DATASET EXTRACT
-*-*-
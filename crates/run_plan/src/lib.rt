//! The plan of a run: what a script over its tables, or the demo, is prepared to, or the status of the
//! first refusal.
#![tactic(auto)]

mod accesses;
mod demoing;
mod loading;
mod opening;
mod plan;
mod preparing;
mod refusing;
mod status;

pub use demoing::prepare_demo;
pub use plan::Plan;
pub use preparing::prepare;
pub use refusing::remote_status;
pub use status::{FileOf, LimitOf, Stage, Status};
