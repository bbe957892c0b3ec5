//! What a run runs.
use catalogue::Catalogue;
use remote_lookup::Remote;
use run_base::Bound;
use sqlite_items::Items;

/// What a run runs: its statements, bound, in order, over the tables of a catalogue; and the remotes
/// among these tables, which have no rows.
#[derive(Drop)]
pub struct Plan {
    /// The statements, bound, in order.
    pub statements: Items<Bound>,
    /// The tables, by name.
    pub catalogue: Catalogue,
    /// The remotes among the tables, which have no rows.
    pub remotes: Items<Remote>,
}
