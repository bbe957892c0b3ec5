//! The statuses of faults: one that passes a limit is told from the others, and so is want of memory.

ghost use Rattle.std.specs.Prelude.{◌≡◌};
ghost use Rattle.run_plan.specs.Faults as spec;

use crate::status::{BindFault, FileOf, LimitOf, ParseFault, Status, TableFault};
use remote_lookup::RemoteFault;

/// The status of a script's fault.
pub fn script_status(fault: ParseFault) -> Status
    ensures { result ≡ spec.script_status fault }
{
    match fault {
        ParseFault::Memory => Status::Memory,
        ParseFault::TooDeep { .. } | ParseFault::TooManyStatements { .. } => Status::Limit {
            of: LimitOf::Parse { fault },
        },
        _ => Status::Script { fault },
    }
}

/// The status of a fault of the table with this number.
pub fn table_status(table: u32, fault: TableFault) -> Status
    ensures { result ≡ spec.table_status table fault }
{
    match fault {
        TableFault::Memory => Status::Memory,
        TableFault::TooManyColumns | TableFault::TooManyRows => Status::Limit {
            of: LimitOf::Table { table, fault },
        },
        _ => Status::BadTable { table, fault },
    }
}

/// The status of a fault of the statement with this number, which counts from 1.
pub fn bind_status(statement: u32, fault: BindFault) -> Status
    ensures { result ≡ spec.bind_status statement fault }
{
    match fault {
        BindFault::Memory => Status::Memory,
        BindFault::TooManyAliases { .. }
        | BindFault::TooManyConjuncts { .. }
        | BindFault::TooManyTerms { .. } => Status::Limit {
            of: LimitOf::Bind { statement, fault },
        },
        _ => Status::Bind { statement, fault },
    }
}

/// The status of a refusal of the needed keys of a statement.
pub fn remote_status(fault: RemoteFault) -> Status
    ensures { result ≡ spec.remote_status fault }
{
    match fault {
        RemoteFault::Read { at } => Status::Read {
            file: FileOf::Key(at),
        },
        RemoteFault::TooLong { at } => Status::Limit {
            of: LimitOf::File {
                file: FileOf::Key(at),
            },
        },
        RemoteFault::BadFile { at, why } => Status::BadKey { at, why },
        RemoteFault::TooManyKeys { remote } => Status::Limit {
            of: LimitOf::Keys { remote },
        },
        RemoteFault::TooManyRows { remote } => Status::Limit {
            of: LimitOf::Rows { remote },
        },
        RemoteFault::Memory => Status::Memory,
    }
}
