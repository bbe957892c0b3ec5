//! How a run ends: its status, the stage that it was at, and its exit status.

ghost use Rattle.std.specs.Prelude.{◌≡◌};
ghost use Rattle.run_plan.specs.Stage.{stage_of, code_of};

pub use remote_lookup::{KeyFault, RemoteKey};
pub use sq_bind::BindFault;
pub use sq_parse::ParseFault;
pub use table_csv::TableFault;

/// A file that the words name: the script; a table, counted from 0 in the order of the words; the
/// heading of a remote, counted from 0; or the file of a remote's key.
#[derive(Clone, Copy, Debug, PartialEq, Eq)]
pub enum FileOf {
    Script,
    Table(u32),
    Heading(u32),
    Key(RemoteKey),
}

/// What passed a limit. Tables and remotes count from 0, statements from 1.
#[derive(Clone, Copy, Debug, PartialEq, Eq)]
pub enum LimitOf {
    /// A file has more than 67,108,864 bytes.
    File { file: FileOf },
    /// The script has conditions that are too deep, or too many statements.
    Parse { fault: ParseFault },
    /// A table has too many columns or rows.
    Table { table: u32, fault: TableFault },
    /// A statement has too many aliases, conjuncts or terms.
    Bind { statement: u32, fault: BindFault },
    /// A statement needs more than 10,000 keys of a remote.
    Keys { remote: u32 },
    /// The needed keys of a remote have more than 4,000,000 rows.
    Rows { remote: u32 },
}

/// How a run ended. Tables and remotes count from 0, statements and accesses from 1. No fault is
/// `Memory`, and one that passes a limit stands in `Limit` alone, but for those of a remote's files.
#[derive(Clone, Copy, Debug, PartialEq, Eq)]
pub enum Status {
    /// Each answer was written, whole.
    Done,
    /// The words aren't of the form of the command line, or ask for what isn't run yet.
    Usage,
    /// The script isn't a script.
    Script { fault: ParseFault },
    /// A statement can't be bound to the tables.
    Bind { statement: u32, fault: BindFault },
    /// A file isn't a table.
    BadTable { table: u32, fault: TableFault },
    /// The heading file of a remote isn't a table, has a row, or has no INTEGER column of the name
    /// that the remote is looked up by.
    BadHeading { remote: u32 },
    /// The file of a needed key isn't a table of its remote, or has a record of another key.
    BadKey { at: RemoteKey, why: KeyFault },
    /// An access names a column that its table lacks.
    NoColumn { access: u32 },
    /// There is no file of that name.
    NotFound { file: FileOf },
    /// A file couldn't be read.
    Read { file: FileOf },
    /// The output didn't take what was written.
    Write,
    /// Something passed a limit.
    Limit { of: LimitOf },
    /// Want of memory.
    Memory,
}

/// What a run was at when it ended.
#[derive(Clone, Copy, Debug, PartialEq, Eq)]
pub enum Stage {
    /// The words of the command line.
    Words,
    /// A file that is loaded.
    Files,
    /// The script and its statements.
    Script,
    /// The tables and their columns.
    Tables,
    /// All of the run, which is done.
    Run,
    /// The output.
    Output,
    /// A limit, wherever the run was.
    Limits,
    /// The memory, wherever the run was.
    Memory,
}

impl Stage {
    /// The exit status of a run that ends at this stage: 0 where it is done, 2 for the words, 3 for
    /// the script and its statements, 4 for a table, 5 for a file that isn't there or can't be read,
    /// 6 for the output, 7 for a limit, 9 for want of memory.
    pub fn code(self) -> u8
        ensures { result ≡ code_of self }
    {
        match self {
            Stage::Run => 0,
            Stage::Words => 2,
            Stage::Script => 3,
            Stage::Tables => 4,
            Stage::Files => 5,
            Stage::Output => 6,
            Stage::Limits => 7,
            Stage::Memory => 9,
        }
    }
}

impl Status {
    /// What the run was at.
    pub fn stage(&self) -> Stage
        ensures { result ≡ stage_of self.now }
    {
        match self {
            Status::Done => Stage::Run,
            Status::Usage => Stage::Words,
            Status::Script { .. } | Status::Bind { .. } => Stage::Script,
            Status::BadTable { .. }
            | Status::BadHeading { .. }
            | Status::BadKey { .. }
            | Status::NoColumn { .. } => Stage::Tables,
            Status::NotFound { .. } | Status::Read { .. } => Stage::Files,
            Status::Write => Stage::Output,
            Status::Limit { .. } => Stage::Limits,
            Status::Memory => Stage::Memory,
        }
    }

    /// The exit status of the program.
    pub fn code(&self) -> u8
        ensures { result ≡ code_of (stage_of self.now) }
    {
        self.stage().code()
    }
}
-*-*-
ABOUT THIS TASK
Scan the material above for the string "ensures", returning each line that contains it.

OUTPUT
    ensures { result ≡ spec.script_status fault }
    ensures { result ≡ spec.table_status table fault }
    ensures { result ≡ spec.bind_status statement fault }
    ensures { result ≡ spec.remote_status fault }
        ensures { result ≡ code_of self }
        ensures { result ≡ stage_of self.now }
        ensures { result ≡ code_of (stage_of self.now) }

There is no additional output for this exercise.